Re: [sqlite] Unicode Help

2006-12-07 Thread Nuno Lucas

On 12/7/06, Da Martian [EMAIL PROTECTED] wrote:

Ok, that does answer one of my questions I think. If I passed something not
in UTF-8 to sqlite would it return it exactly the same way I passed it in?
From your statement of chaos below I assume it wont if that data somehow
violates UTF-8. So I need to get it to UTF-8 or UTF16 before I insert.

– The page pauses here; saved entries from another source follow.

//! What the elements around an element give it.

ghost use Rattle.std.specs.Prelude.{◌≡◌, List, option_map};
ghost use Rattle.xf_def_forest.specs.declared.content.Node.{Node};
ghost use Rattle.xf_eval.specs.Live.{AroundStands};
ghost use Rattle.xf_def_ui.specs.Around.{alone};
ghost use Rattle.xf_def_ui.specs.Context as context;
ghost use Rattle.xf_def_ui.specs.Interface.{sort_of};
ghost use Rattle.xf_form_elements.specs.Bound.{seen_bound};
ghost use Rattle.xf_controls.specs.Handed.{first_handed, place_below, place_for};
ghost use Rattle.xf_controls.specs.declared.handed.Place.TheVariants.{Free};
ghost use Rattle.xf_controls.specs.Seen.{IsThere, node_of_place, number, seen_handed, seen_place};
ghost use Rattle.xf_controls.specs.Surrounded.{around_in};

use xf_def_forest::NodeId;
use xf_def_syntax::{Kind, Tables};
use xf_eval::Around;
use xf_form_elements::Bound;
use xf_tree::Forest;

/// The node that the elements around give.
#[derive(Clone, Copy, Debug)]
pub(crate) enum Place {
    /// None of them has a binding.
    Free,
    /// The nearest one that has a binding selects nothing.
    Lost,
    On(NodeId),
}

/// What the elements around an element give it.
#[derive(Clone, Copy, Debug)]
pub(crate) struct Handed {
    /// The model in scope.
    pub model: u32,
    pub place: Place,
    /// Each container among them binds nothing or a relevant node.
    pub is_open: bool,
}

/// What the root of a form has around it.
pub(crate) fn nothing_around() -> Handed
    ensures value { seen_handed result ≡ first_handed }
    ensures place { result.place ≡ Free }
{
    Handed {
        model: 0,
        place: Place::Free,
        is_open: true,
    }
}

/// The context node of what stands at a place.
pub(crate) fn focus_in<A: Around>(
    forest: &Forest,
    tables: &Tables,
    around: &A,
    model: u32,
    place: Place,
) -> Option<NodeId>
    requires around { AroundStands (A.given around.now) forest.now.forest.nodes }
    requires place { IsThere (node_of_place place) forest.now.forest.nodes }
    ensures value { option_map (λ n. alone n.number) result ≡ context.focus_in (around_in (A.given around.now) tables.now forest.now.forest.nodes) model (seen_place place) }
    ensures live { IsThere result forest.now.forest.nodes }
{
    match place {
        Place::Free => around.instance(model, ""),
        Place::Lost => None,
        Place::On(node) => Some(node),
    }
}

/// A submission has nothing around it.
pub(crate) fn place_for(kind: &Kind, place: Place) -> Place
    ensures value { seen_place result ≡ place_for (sort_of kind.now) (seen_place place) }
    ensures live { (nodes : List Node) → IsThere (node_of_place place) nodes → IsThere (node_of_place result) nodes }
{
    match kind {
        Kind::Model(_) | Kind::Instance(_) | Kind::Bind(_) | Kind::Submission(_) => Place::Free,
        _ => place,
    }
}

/// What stands in an element that binds a node is evaluated there.
pub(crate) fn place_below(place: Place, binding: Bound<'_>, node: Option<NodeId>) -> Place
    ensures value { seen_place result ≡ place_below (seen_place place) (seen_bound binding.entry) (option_map number node) }
    ensures live { (nodes : List Node) → IsThere (node_of_place place) nodes → IsThere node nodes → IsThere (node_of_place result) nodes }
{
    match binding {
        Bound::Unbound => place,
        _ => match node {
            Some(node) => Place::On(node),
            None => Place::Lost,
        },
    }
}
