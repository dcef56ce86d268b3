//! What a refresh tells (XForms 1.1, sections 4.3.4 and 4.4): where the copies of two lists differ.

ghost use Rattle.std.specs.Prelude.{◌≡◌, ◌++◌, [], ◌∷◌, IfOk, OnOk, find, map, option_map};
ghost use Rattle.xf_def_ui.specs.Notifications as told;
ghost use Rattle.xf_controls.specs.Before.{Knows};
ghost use Rattle.xf_controls.specs.Seen.{seen_copy, seen_notification};

use crate::before::{Before, before_of, first_place};
use crate::copy::{ControlCopy, ControlList, same_rows};
use std::alloc::{AllocError, Global};
use xf_base::Items;
use xf_def_forest::NodeList;
use xf_eval::append;
use xf_name::Word;

/// What is told of a copy.
#[derive(Drop)]
pub struct Notification {
    /// The name of the event.
    pub name: &'static str,
    /// The element to which it goes.
    pub target: u32,
    /// The chain of rows of its copy.
    pub rows: NodeList,
}

/// What is told, in the order in which it is dispatched.
pub type NotificationList = Items<Notification>;

/// Where the copies of a new list differ from those of the list before, in the order of the new one. Where both lists have the same elements,
/// each once and in document order, it is one pass; else each copy is sought from the first one of its row on.
pub fn notifications(
    alloc: Global,
    old: &ControlList,
    new: &ControlList,
) -> Result<NotificationList, AllocError>
    ensures { IfOk result (λ all. map seen_notification all ≡ told.notifications (map seen_copy old.now) (map seen_copy new.now)) }
{
    let before = before_of(alloc, old.as_slice())?;
    let mut all = Items::new(alloc);
    for (at, copy) in new.as_slice().iter().enumerate() {
        push_since(alloc, &before, at, copy, &mut all)?;
    }
    Ok(all)
}

/// Puts what is told of a copy behind others; it may stand at the same place in the list before.
fn push_since(
    alloc: Global,
    before: &Before<'_>,
    at: usize,
    copy: &ControlCopy,
    all: &mut NotificationList,
) -> Result<(), AllocError>
    requires { Knows before.now }
    ensures { OnOk result (map seen_notification all.new ≡ map seen_notification all.old ++ told.told_since (find (told.is_same_copy (seen_copy copy.now)) (map seen_copy before.now.copies.now)) (seen_copy copy.now)) }
{
    match same_copy(before, at, copy) {
        Some(old) => push_differences(alloc, old, copy, all),
        None => Ok(()),
    }
}

/// The same copy in the list before.
fn same_copy<'a>(before: &Before<'a>, at: usize, copy: &ControlCopy) -> Option<&'a ControlCopy>
    requires { Knows before.now }
    ensures { option_map (λ c. seen_copy c.now) result ≡ find (told.is_same_copy (seen_copy copy.now)) (map seen_copy before.now.copies.now) }
{
    let copies = before.copies;
    let rising = before.rising;
    if rising && at < copies.len() {
        if is_same(copy, &copies[at]) {
            return Some(&copies[at]);
        }
    }
    sought(before, copy)
}

/// The same copy, from the first one of its row on.
fn sought<'a>(before: &Before<'a>, copy: &ControlCopy) -> Option<&'a ControlCopy>
    requires { Knows before.now }
    ensures { option_map (λ c. seen_copy c.now) result ≡ find (told.is_same_copy (seen_copy copy.now)) (map seen_copy before.now.copies.now) }
{
    let copies = before.copies;
    let Some(place) = first_place(before, copy) else {
        return None;
    };
    if place >= copies.len() {
        return None;
    }
    searched(&copies[place..], copy)
}

fn searched<'a>(copies: &'a [ControlCopy], copy: &ControlCopy) -> Option<&'a ControlCopy>
    ensures { option_map (λ c. seen_copy c.now) result ≡ find (told.is_same_copy (seen_copy copy.now)) (map seen_copy copies.now) }
{
    for other in copies {
        if is_same(copy, other) {
            return Some(other);
        }
    }
    None
}

fn is_same(one: &ControlCopy, other: &ControlCopy) -> bool
    ensures { result ≡ told.is_same_copy (seen_copy one.now) (seen_copy other.now) }
{
    if one.element != other.element {
        return false;
    }
    same_rows(one.rows.as_slice(), other.rows.as_slice())
}

/// Puts the differences of a copy behind others.
fn push_differences(
    alloc: Global,
    old: &ControlCopy,
    new: &ControlCopy,
    all: &mut NotificationList,
) -> Result<(), AllocError>
    ensures { OnOk result (map seen_notification all.new ≡ map seen_notification all.old ++ told.told (seen_copy new.now) (told.names_of (seen_copy old.now) (seen_copy new.now))) }
{
    push_value(alloc, old, new, all)?;
    push_state(
        alloc,
        "xforms-valid",
        "xforms-invalid",
        old.valid,
        new.valid,
        new,
        all,
    )?;
    push_state(
        alloc,
        "xforms-readwrite",
        "xforms-readonly",
        old.readwrite,
        new.readwrite,
        new,
        all,
    )?;
    push_state(
        alloc,
        "xforms-required",
        "xforms-optional",
        old.required,
        new.required,
        new,
        all,
    )?;
    push_state(
        alloc,
        "xforms-enabled",
        "xforms-disabled",
        old.enabled,
        new.enabled,
        new,
        all,
    )
}

/// Where the value is another one, tells so.
fn push_value(
    alloc: Global,
    old: &ControlCopy,
    new: &ControlCopy,
    all: &mut NotificationList,
) -> Result<(), AllocError>
    ensures { OnOk result (map seen_notification all.new ≡ map seen_notification all.old ++ told.told (seen_copy new.now) (told.value_names (seen_copy old.now) (seen_copy new.now))) }
{
    if same_value(&old.value, &new.value) {
        return Ok(());
    }
    push_told(alloc, "xforms-value-changed", new, all)
}

pub(crate) fn same_value(old: &Option<Word>, new: &Option<Word>) -> bool
    ensures { result ≡ told.same_value old.now new.now }
{
    match old {
        Some(text) => match new {
            Some(other) => text.is(other.as_str()),
            None => false,
        },
        None => match new {
            Some(_) => false,
            None => true,
        },
    }
}

/// Where the state is another one, puts the name of what it is now behind others.
fn push_state(
    alloc: Global,
    on: &'static str,
    off: &'static str,
    old: bool,
    new: bool,
    copy: &ControlCopy,
    all: &mut NotificationList,
) -> Result<(), AllocError>
    ensures { OnOk result (map seen_notification all.new ≡ map seen_notification all.old ++ told.told (seen_copy copy.now) (told.state_names on.now off.now old new)) }
{
    if old == new {
        return Ok(());
    }
    push_told(alloc, if new { on } else { off }, copy, all)
}

/// Puts one event to a copy behind others.
pub(crate) fn push_told(
    alloc: Global,
    name: &'static str,
    copy: &ControlCopy,
    all: &mut NotificationList,
) -> Result<(), AllocError>
    ensures { OnOk result (map seen_notification all.new ≡ map seen_notification all.old ++ told.told (seen_copy copy.now) (name.now ∷ [])) }
{
    let mut rows = NodeList::with_capacity(alloc, copy.rows.len())?;
    append(&mut rows, &copy.rows)?;
    all.push(Notification {
        name,
        target: copy.element,
        rows,
    })
}
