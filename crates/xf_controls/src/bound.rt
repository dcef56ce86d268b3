//! Whether it is known of a form what all of its controls and containers bind.

ghost use Rattle.std.specs.Prelude.{◌≡◌, true, slice_get};
ghost use Rattle.std.specs.Bool.{OnFalse, OnTrue};
ghost use Rattle.xf_def_ui.specs.Interface.{interface_of, sort_of};
ghost use Rattle.xf_def_ui.specs.Elements.{is_control};
ghost use Rattle.xf_controls.specs.Bound.{AllBound, IsShownBy};

use crate::element::{is_control, printed_in};
use crate::known::{Known, KnownList};
use xf_def_forest::NodeId;
use xf_def_syntax::{Element, Form};

/// Whether what is known tells of each control and container of the form what it binds, and each shows nothing but the value of its node.
pub fn are_bound(form: &Form, known: &KnownList) -> bool
    ensures bound { OnTrue result (AllBound (interface_of form.now) known.now) }
    ensures other { OnFalse result (AllBound (interface_of form.now) known.now → ⊥) }
{
    let known = known.as_slice();
    for (at, element) in form.elements.as_slice().iter().enumerate() {
        if !is_shown_by(element, known, at) {
            return false;
        }
    }
    true
}

/// Whether an element is no control or container, or it is known what it binds: it has an expression to show only beside a node.
fn is_shown_by(element: &Element, known: &[Known], at: usize) -> bool
    ensures shown { OnTrue result (is_control (sort_of element.now.kind) ≡ true → IsShownBy (sort_of element.now.kind) (slice_get known.now at)) }
    ensures other { OnFalse result ((is_control (sort_of element.now.kind) ≡ true → IsShownBy (sort_of element.now.kind) (slice_get known.now at)) → ⊥) }
{
    if !is_control(&element.kind) {
        return true;
    }
    match known.get(at) {
        Some(Known::Is(Some(_))) => true,
        Some(Known::Is(None)) => printed_in(&element.kind).is_none(),
        _ => false,
    }
}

SQLite doesn't care much about what you feed it (remember you can also
have BLOB's in fields), so if you feed it invalid UTF-8, it's invalid
UTF-8 you get on return.

The problem is when you then do do things like SELECT length(bad
UTF-8 string), or many other text operations. Then you get wrong
results.

The biggest problem is when the database generated by your program is
then read by UTF-8 aware programs (which should be all, but
unfortunely they are not). An example could be an SQLite
importer/exporter program, or some SQLite replicator program you get
on the net and generates bad data because your data wasn't good in the
first place.

Also, i you want to hand edit your data with any of the many good
SQLite GUI's, you may have problems.

If you want to go the simple way (and only do Windows), then use the
UTF-16 functions and forget about all this. As an advantage, windows
NT internals uses Unicode, so you may have some performance gains in
some places (even if negligible most of the time).


Regards,
~Nuno Lucas

-
To unsubscribe, send email to [EMAIL PROTECTED]
-



Re: [sqlite] Unicode Help

2006-12-07 Thread Scott Hess

On 12/7/06, Nuno Lucas [EMAIL PROTECTED] wrote:

On 12/7/06, Da Martian [EMAIL PROTECTED] wrote:
 Ok, that does answer one of my questions I think. If I passed something not
 in UTF-8 to sqlite would it return it exactly the same way I passed it in?
 From your statement of chaos below I assume it wont if that data somehow
 violates UTF-8. So I need to get it to UTF-8 or UTF16 before I insert.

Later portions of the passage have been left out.